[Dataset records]
....................

//! Lists of bytes, and maps with texts and numbers as keys: definitions that the `specs` of other crates share, and
//! lemmas that their proofs share.
//!
//! It has no code.
#![tactic(auto)]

....................

WHAT NEEDS TO BE DONE: Whenever a line of the records holds the string "that", pick it out and copy it.

OUTPUT OF THE EXERCISE:
//! Lists of bytes, and maps with texts and numbers as keys: definitions that the `specs` of other crates share, and
//! lemmas that their proofs share.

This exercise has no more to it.